ROLLBOUND Devlog #2

ROLLBOUND is a web-based physics game where you guide your ball through complex courses, avoid obstacles, collect gems, and try to reach the goal as quickly as possible. In this second technical devlog I'll share the development of some more the game's core features.

ROLLBOUND Devlog #2

ROLLBOUND is a web-based physics game where you guide your ball through complex courses, avoid obstacles, collect gems, and try to reach the goal as quickly as possible. In this second technical devlog I'll share the development of some more the game's core features.

You can find the first devlog here: https://www.supertorio.dev/rollbound-devlog-1/

You can play the in development game here: https://mythicaai.github.io/rollbound/.

If you do, please let me know if you have any feedback!

Game Mechanic - Progress Gates and a Goal

Now that we have a rolling ball and track, lets give the player a place to goal and a way to track progress.

First up we needed a goal at the end. I used a couple more assets from the Kenney Platformer Asset Kit to assemble a simple goal from barrels and flags. This artwork is temporary, but it allowed me to start fleshing out the modular level architecture.

Simple Goal Target For Development

Blender Tag Based Design

To make integrating assets into the game as seamless as possible, we settled on using a tag based approach. In Blender, we tag the meshes and objects we export based on the usage. Since the object names are retained in the GLB export process, we are able to read them in the game code and identify the intended purpose of each piece.

For instance, the artist can indicate the volume collider for passing through the goal by naming a piece of geometry TRIG_***. The artist can also include simplified geometry for object collisions by giving the object a COLL_***.

Progress Gates

I wanted a mechanism by which a player could pass restart points along the way. So if they fall off the track, they would restart at the most recent gate. For modelling these, I turned to Houdini. The gates were inspired by one of my favourite sci-fi series ever, and adorned with vines via Mythica's procedural ivy Houdini asset.

This asset also got a simplified collider for the frame as well as a collision volume.

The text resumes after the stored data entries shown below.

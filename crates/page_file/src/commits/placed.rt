//! Bytes in pages.

ghost use Rattle.std.specs.Prelude.{◌≡◌, ◌++◌, OnOk, MatchResult};
ghost use Rattle.afl_outside.specs.Disk.{FailsWithCause};
ghost use Rattle.page_chain.specs.Places.{KeepsPages};
ghost use Rattle.page_chain.specs.declared.slots.layout.logs.RecordAt.{RecordAt};
ghost use Rattle.page_chain.specs.Pages.{page_size, HoldsBlob};
ghost use Rattle.page_chain.specs.Chains.{HoldsChain};
ghost use Rattle.page_chain.specs.Inner.Runs.{OnlyWrites, Sees};
ghost use Rattle.page_chain.specs.Standing.{IsClosed, KeepsSound};
ghost use Rattle.page_chain.specs.Steps.{emptied};
ghost use Rattle.page_file.specs.Written.{MayWrite};
ghost use Rattle.page_file.specs.Commits.{record_of, root_of, IsBlobSized, IsChainSized};

use crate::PageFile;
use afl_outside::{Disk, Failed};
use cell_values::{Bytes, List};
use page_chain::{RecordAt, Root};

/// Bytes, and the pages that they are to lie in.
#[derive(Drop)]
pub struct Placed {
    pub pages: List<u32>,
    pub bytes: Bytes,
}

impl Placed {
    /// Where it lies, as a record.
    pub(crate) fn record(&self) -> RecordAt
        requires { IsChainSized self.now }
        ensures { result ≡ record_of self.now }
    {
        let pages = self.pages.as_slice();
        RecordAt {
            length: self.bytes.as_slice().len() as u64,
            first: pages[0],
        }
    }

    /// The root that names it and a log page.
    pub(crate) fn root(&self, sequence: u64, log: u32) -> Root
        requires { IsChainSized self.now }
        ensures { result ≡ root_of sequence self.now log }
    {
        let pages = self.pages.as_slice();
        Root {
            sequence,
            length: self.bytes.as_slice().len() as u64,
            first: pages[0],
            log,
        }
    }

    /// Writes it as a blob.
    pub(crate) fn write_blob<D: Disk>(&self, file: &mut PageFile<D>) -> Result<(), Failed>
        requires closed { IsClosed file.old.slots }
        requires free { MayWrite self.now.pages file.old.slots }
        requires sized { IsBlobSized self.now }
        ensures slots { file.new.slots ≡ record (emptied file.old.slots) { zeroed = file.new.slots.zeroed } }
        ensures sound { KeepsSound file.old.slots file.new.slots (D.moment file.old.disk) (D.moment file.new.disk) }
        ensures seen { Sees (D.moment file.old.disk).state (D.moment file.new.disk).state
            (λ seen now. KeepsPages self.now.pages seen now × OnOk result (HoldsBlob page_size now self.now.pages self.now.bytes)) }
        ensures writes { OnlyWrites self.now.pages (D.moment file.old.disk) (D.moment file.new.disk) }
        ensures cause { FailsWithCause result (D.moment file.old.disk) (D.moment file.new.disk) }
    {
        let pages = self.pages.as_slice();
        let bytes = self.bytes.as_slice();
        match file.write_blob(pages, bytes) {
            Ok(()) => Ok(()),
            Err(Failed) => Err(Failed),
        }
    }

    /// Writes it as a chain.
    pub(crate) fn write_chain<D: Disk>(&self, file: &mut PageFile<D>) -> Result<(), Failed>
        requires closed { IsClosed file.old.slots }
        requires free { MayWrite self.now.pages file.old.slots }
        requires sized { IsChainSized self.now }
        ensures slots { file.new.slots ≡ record (emptied file.old.slots) { zeroed = file.new.slots.zeroed } }
        ensures sound { KeepsSound file.old.slots file.new.slots (D.moment file.old.disk) (D.moment file.new.disk) }
        ensures seen { Sees (D.moment file.old.disk).state (D.moment file.new.disk).state
            (λ seen now. KeepsPages self.now.pages seen now × OnOk result (HoldsChain page_size now self.now.pages self.now.bytes)) }
        ensures writes { OnlyWrites self.now.pages (D.moment file.old.disk) (D.moment file.new.disk) }
        ensures cause { FailsWithCause result (D.moment file.old.disk) (D.moment file.new.disk) }
    {
        let pages = self.pages.as_slice();
        let bytes = self.bytes.as_slice();
        match file.write_chain(pages, bytes) {
            Ok(()) => Ok(()),
            Err(Failed) => Err(Failed),
        }
    }
}
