//! Arrays in memory, as a source whose calls fail where a list says so.
ghost use Rattle.std.specs.Prelude.{◌≡◌, IfOk, IsOk, IsTrue};
ghost use Rattle.std.specs.List.{AllByRecursion};
ghost use Rattle.array_geom.specs.Link.{NumbersRise};
ghost use Rattle.logical_plan.specs.Meaning.{Database};
ghost use Rattle.chunk_source.specs.Source.{Reads, listed, is_among, numbers_of, IsStored, AreNumbersIn, IsChunkIn, Keeps, Blames, AsksFor};
ghost use Rattle.chunk_source.specs.Found.{IsStoredArray};
ghost use Rattle.chunk_source.specs.InMemory.{new_chunks, memory_state, TakesTurn};

use crate::memory::turns::FailingCalls;
use crate::memory::{LeafArray, SureChunks};
use crate::sources::{Asked, ChunkSource, SourceFault};
use array_geom::Chunk;
use cell_values::{ChunkAt, List, Memory};
use logical_plan::Leaf;
use std::marker::Model;

/// A source over arrays in memory, which it tells, and some of whose calls fail.
#[derive(Drop)]
pub struct MemChunks {
    sure: SureChunks,
    turns: FailingCalls,
}

impl Model for MemChunks {
    ghost use Rattle.chunk_source.specs.InMemory.{MemoryChunks};

    ghost Value = { MemoryChunks };

    ghost view = { λ s. record { sure = s.sure; turns = s.turns } };
}

impl MemChunks {
    /// A source over these arrays. `fails` has the numbers, from 0, of the calls that are to fail. Of several arrays of one name
    /// and version the first one counts.
    pub fn new(arrays: List<LeafArray>, fails: List<u64>) -> Result<MemChunks, Memory>
        requires { AllByRecursion IsStoredArray arrays }
        ensures value { IfOk result (λ source. source ≡ new_chunks arrays fails) }
        ensures succeeds { IsOk result }
    {
        Ok(MemChunks {
            sure: SureChunks::new(arrays),
            turns: FailingCalls::new(fails),
        })
    }

    /// The chunks that were asked for, the first one first.
    pub fn asked(&self) -> &[Asked]
        ensures { result.now ≡ self.now.sure.asked }
    {
        self.sure.asked()
    }
}

impl ChunkSource for MemChunks {
    type Start = ();

    ghost state = { memory_state };

    ghost start = { λ _. tt };

    fn listed(&mut self, leaf: &Leaf) -> Result<List<ChunkAt>, SourceFault>
        requires { Reads (memory_state self.old) leaf.now }
        ensures listed { IfOk result (λ chunks. chunks ≡ listed (memory_state self.old) leaf.now) }
        ensures rising { IfOk result (λ chunks. NumbersRise (numbers_of chunks)) }
        ensures told { IfOk result (λ chunks. (db : Database) → (memory_state self.old).tells db → AreNumbersIn db leaf.now chunks) }
        ensures asked { (memory_state self.new).asked ≡ (memory_state self.old).asked }
        ensures kept { Keeps (memory_state self.old) (memory_state self.new) }
        ensures cause { Blames (memory_state self.old) (memory_state self.new) result }
        ensures turn { TakesTurn self.old.turns self.new.turns result }
    {
        if self.turns.fails_next() {
            return Err(SourceFault::Failed);
        }
        self.sure.listed(leaf)
    }

    fn chunk(&mut self, number: u32, leaf: &Leaf, at: &ChunkAt) -> Result<Chunk, SourceFault>
        requires reads { Reads (memory_state self.old) leaf.now }
        requires listed { IsTrue (is_among at.now (listed (memory_state self.old) leaf.now)) }
        ensures stored { IfOk result (IsStored leaf.now.schema at.now) }
        ensures told { IfOk result (λ chunk. (db : Database) → (memory_state self.old).tells db → IsChunkIn db leaf.now chunk) }
        ensures asked { AsksFor number at.now (memory_state self.old) (memory_state self.new) result }
        ensures kept { Keeps (memory_state self.old) (memory_state self.new) }
        ensures cause { Blames (memory_state self.old) (memory_state self.new) result }
        ensures turn { TakesTurn self.old.turns self.new.turns result }
    {
        if self.turns.fails_next() {
            return Err(SourceFault::Failed);
        }
        self.sure.chunk(number, leaf, at)
    }

    fn damaged(&self) -> Option<u32> {
        None
    }

    fn faults(&self) -> u64 {
        self.turns.faults()
    }
}
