//! What a store keeps over a commit that is sealed, or stops. No code has to be run for it.

ghost use Rattle.prepared_commits.specs.Worked.{worked_keeping, worked_moment};
ghost use Rattle.store_sealing.specs.StepsLaws.{IsReady, SealedStoresAreKept, StoppedStoresAreKept};
ghost use Rattle.store_sealing.specs.StepsWorked.{pinned_store, prepared_removal};

use afl_outside::Disk;
use prepared_commits::a_store_is_kept;
use store_state::directories_follow;

/// A store keeps what it keeps over a commit that is sealed.
pub fn sealed_stores_are_kept<D: Disk>()
    ensures { SealedStoresAreKept D.moment }
{
    directories_follow();
}

/// So it does over one that stops.
pub fn stopped_stores_are_kept<D: Disk>()
    ensures { StoppedStoresAreKept D.moment }
{}

/// There is a store with a commit that is prepared for it: under a pin the one array of the worked store is removed.
pub fn a_commit_is_ready()
    ensures { IsReady worked_moment pinned_store worked_keeping prepared_removal }
{
    a_store_is_kept();
}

Lesson Learned - When creating collision volumes for a potentially fast moving object, it's important to give the volume ample thickness. If the ball is traveling at a high rate of speed, it's possible that it would pass through a thinner volume between frame ticks and thus that intersection would never be triggered.

Collectables and Bumpers

In Rollbound you'll also find along the track collectable gems and bumper obstacles.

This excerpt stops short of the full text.